Southampton is a very small coastal village (i.e. on the ocean, a bay, or inlet) located in the state of New York. With a population of 3,265 people and three constituent neighborhoods, Southampton is the 449th largest community in New York. Southampton has an unusually large stock of pre-World War II architecture, making it one of the older and more historic villages.

Southampton home prices are not only among the most expensive in New York, but Southampton real estate also consistently ranks among the most expensive in America.

Southampton is a decidedly white-collar village, with fully 85.60% of the workforce employed in white-collar jobs, well above the national average. Overall, Southampton is a village of sales and office workers, professionals, and managers. There are especially a lot of people living in Southampton who work in management occupations (15.59%), sales jobs (14.12%), and office and administrative support (12.57%).

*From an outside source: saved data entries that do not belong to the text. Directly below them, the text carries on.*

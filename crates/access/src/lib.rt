// The preprocessor behind a table of rights (request #105): every entry takes the table and the role first and gives row 22, with nothing changed, where
// a right that it needs is withheld; otherwise the entry of the same name below runs. `build` needs no role.
#![tactic(auto)]

pub mod calls;
pub mod getters;
pub mod queries;
pub mod rights;
pub mod snapshots;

Also of interest is that Southampton has more people living here who work in computers and math than 95% of the places in the US.

Telecommuters are a relatively large percentage of the workforce: 16.03% of people work from home. While this number may seem small overall, as a fraction of the total workforce it is high relative to the nation. These workers are often telecommuters who work in knowledge-based, white-collar professions. For example, Silicon Valley has large numbers of people who telecommute. Other at-home workers may be self-employed people who operate small businesses out of their homes.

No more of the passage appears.